Neonatal Pulmonary Hypertension: Pathophysiologic‐Based Therapy

Rational management of pulmonary artery hypertension (PAH) in the newborn infant must be based on an understanding of underlying causes. When a specific diagnosis can be made, empirical treatment gives way to specific therapy. For every pathophysiologic abnormality potentially resulting in PAH, clinical entities can be identified and key therapeutic interactions can be considered. 1. Pulmonary Venous Hypertension: PAH is secondary to obstruction of blood flow through the left heart.
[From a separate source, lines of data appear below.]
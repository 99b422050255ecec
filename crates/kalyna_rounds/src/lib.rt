// The block cipher of DSTU 7624:2014 on four words: round keys added, subtracted and xored word by word; a round by the first four tables of T, and
// back by the first four of M inverse and those of π inverse. Tables are lent.
#![tactic(auto)]

ghost use Rattle.std.specs.Prelude.{◌≡◌, ◌<◌, [], ◌∷◌};
ghost use Rattle.substitution.specs.Substitution.{halves_exchanged};
ghost use Rattle.kalyna_cipher.specs.Rounds.{added, subtracted, xored};
ghost use Rattle.kalyna_rounds.specs.RoundsByTables.{substitution_four, matrix_inverse_four, looked_up_half, gathered, sent_half, sent_on, round_by, round_inverse_by};

use columns::{matrix_inverse_tables, substitution_tables};
use std::array::from_fn;
use words::widen;

// ---- round keys, word by word: a function for each operation, in a line each, since one for all three would have to be told which by a closure

pub fn add(s: [u64; 4], k: [u64; 4]) -> [u64; 4]
    ensures { result ≡ added k s }
{
    from_fn(|c| s[c].wrapping_add(k[c]))
}

pub fn subtract(s: [u64; 4], k: [u64; 4]) -> [u64; 4]
    ensures { result ≡ subtracted k s }
{
    from_fn(|c| words::subtract(s[c], k[c]))
}

pub fn xor(s: [u64; 4], k: [u64; 4]) -> [u64; 4]
    ensures { result ≡ xored k s }
{
    from_fn(|c| s[c] ^ k[c])
}

// ---- the tables: a function each, since one for both would have to be told which

// The first four tables of T. The second four are these with the halves of each entry exchanged.
pub fn substitution_four() -> &'static [[u64; 256]; 4]
    ensures { result.now ≡ substitution_four }
{
    substitution_tables().first_chunk().unwrap()
}

// The first four tables of M inverse. The second four are these with the halves of each entry exchanged.
pub fn matrix_inverse_four() -> &'static [[u64; 256]; 4]
    ensures { result.now ≡ matrix_inverse_four }
{
    matrix_inverse_tables().first_chunk().unwrap()
}

// ---- a round

// The two halves of a word exchanged.
fn exchange_halves(w: u64) -> u64
    ensures { result ≡ halves_exchanged w }
{
    w.rotate_left(32)
}

// The entries of four tables at bytes 0 and 1 of w and bytes 2 and 3 of x, together. By shifts: two bytes are taken of each word, and none of the others made.
// Words go one by one and not as an array, since the callers name them in the order of the shift.
fn look_up_half(w: u64, x: u64, tables: &[[u64; 256]; 4]) -> u64
    ensures { result ≡ looked_up_half tables.now w x }
{
    tables[0][((w >> 0) % 256) as usize]
        ^ tables[1][((w >> 8) % 256) as usize]
        ^ tables[2][((x >> 16) % 256) as usize]
        ^ tables[3][((x >> 24) % 256) as usize]
}

// What eight tables hold at two bytes of each word, together, by the first four of them.
fn gather(w: u64, x: u64, y: u64, z: u64, tables: &[[u64; 256]; 4]) -> u64
    ensures { result ≡ gathered tables.now (w ∷ x ∷ y ∷ z ∷ []) }
{
    look_up_half(w, x, tables) ^ exchange_halves(look_up_half(y >> 32, z >> 32, tables))
}

// Word by word: counted with a remainder by 4, the four lines would not show where the shift takes its bytes from.
pub fn round_by_tables(s: [u64; 4], tables: &[[u64; 256]; 4]) -> [u64; 4]
    ensures { result ≡ round_by tables.now s }
{
    [
        gather(s[0], s[3], s[2], s[1], tables),
        gather(s[1], s[0], s[3], s[2], tables),
        gather(s[2], s[1], s[0], s[3], tables),
        gather(s[3], s[2], s[1], s[0], tables),
    ]
}

// ---- a round back

// Bytes 0 and 1 of w and bytes 2 and 3 of x, each through its table, as the lower half of a word; by shifts, as above.
fn send_half(w: u64, x: u64, bytes: &[[u8; 256]; 4]) -> u64
    ensures { (result ≡ sent_half bytes.now w x) × (result < 0x100000000) }
{
    widen(bytes[0][((w >> 0) % 256) as usize])
        + widen(bytes[1][((w >> 8) % 256) as usize]) * 0x100
        + widen(bytes[2][((x >> 16) % 256) as usize]) * 0x10000
        + widen(bytes[3][((x >> 24) % 256) as usize]) * 0x1000000
}

// Two bytes of each word, each through its table.
fn send_on(w: u64, x: u64, y: u64, z: u64, bytes: &[[u8; 256]; 4]) -> u64
    ensures { result ≡ sent_on bytes.now (w ∷ x ∷ y ∷ z ∷ []) }
{
    send_half(y >> 32, z >> 32, bytes) * 0x100000000 + send_half(w, x, bytes)
}

// Word by word, as a round.
pub fn round_back_by_tables(
    s: [u64; 4],
    columns: &[[u64; 256]; 4],
    bytes: &[[u8; 256]; 4],
) -> [u64; 4]
    ensures { result ≡ round_inverse_by columns.now bytes.now s }
{
    let w = gather(s[0], s[0], s[0], s[0], columns);
    let x = gather(s[1], s[1], s[1], s[1], columns);
    let y = gather(s[2], s[2], s[2], s[2], columns);
    let z = gather(s[3], s[3], s[3], s[3], columns);
    [
        send_on(w, x, y, z, bytes),
        send_on(x, y, z, w, bytes),
        send_on(y, z, w, x, bytes),
        send_on(z, w, x, y, bytes),
    ]
}
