//! The members of a set as an iterator.
ghost use Rattle.std.specs.Prelude.{◌≡◌};

use crate::Set;
use std::marker::Model;

/// The members of a set that are still to come, in rising order.
#[derive(Clone, Copy, Debug, PartialEq, Eq)]
pub struct Members {
    left: Set,
}

// Clauses see the set of the members that are left, as a set is seen.
impl Model for Members {
    ghost use Rattle.std.specs.Prelude.{ℕ};

    ghost Value = { ℕ };

    ghost view = { λ m. m.left };

    ghost inverse = { λ m. record { left = m } };
}

impl Members {
    /// All members of a set.
    pub(crate) fn of(set: Set) -> Self
        ensures { result ≡ set }
    {
        Members { left: set }
    }
}

impl Iterator for Members {
    ghost use Rattle.std.specs.Iterator.{at_most};
    ghost use Rattle.std.specs.List.{count_by};
    ghost use Rattle.model.specs.Sets.{range};
    ghost use Rattle.sets.specs.Sets.{members};
    ghost use Rattle.sets.specs.Members.{GivesNext};

    type Item = usize;

    ghost next_gives = { GivesNext };

    ghost remaining = { λ left. at_most (count_by (members left) (range 0 64)) };

    fn next(&mut self) -> Option<usize> {
        let c = self.left.first()?;
        self.left.remove(c);
        Some(c)
    }
}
If based on anatomic abnormality (mitral or left atrial), surgical relief of obstruction is required. If PAH is the result or functional abnormality of the left ventricle (transient left ventricular ischemia), medical treatment of left ventricular failure is most important. 2. Functional Obstruction of Pulmonary Vascular Bed: Hyperviscosity of blood (polycythemia ‐ HCT > 65) results in increased pulmonary vascular resistance. Treatment consists of reduction of red blood cell volume. 3. Pulmonary Vascular Constriction: Hypoxemia with or without pulmonary parenchymal disease (primary or secondary persistent fetal circulation [PFC] syndrome). Therapy is directed at improvement of oxygenation and dilatation of pulmonary arteriolar bed (e.g. O 2 hyperventilation and/or pulmonary vasodilator therapy). 4. Decreased Pulmonary Vascular Bed: If primary pulmonary hypoplasia is present, no treatment is available. If secondary form (diaphragmatic hernia), surgical repair and pulmonary vasodilatation of contralateral lung is indicated. Extracorporeal membrane oxygenation (ECMO) can be used in severe cases. 5. Increased pulmonary blood flow: Causes in the neonate include complex heart disease without pulmonary stenosis; and peripheral A—V fistula. Treatment: Surgical limitation of pulmonary blood flow may be required. Even when PAH is the result of combined etiologies, a prompt well‐organized clinical management plan can follow from understanding of pathologic principles.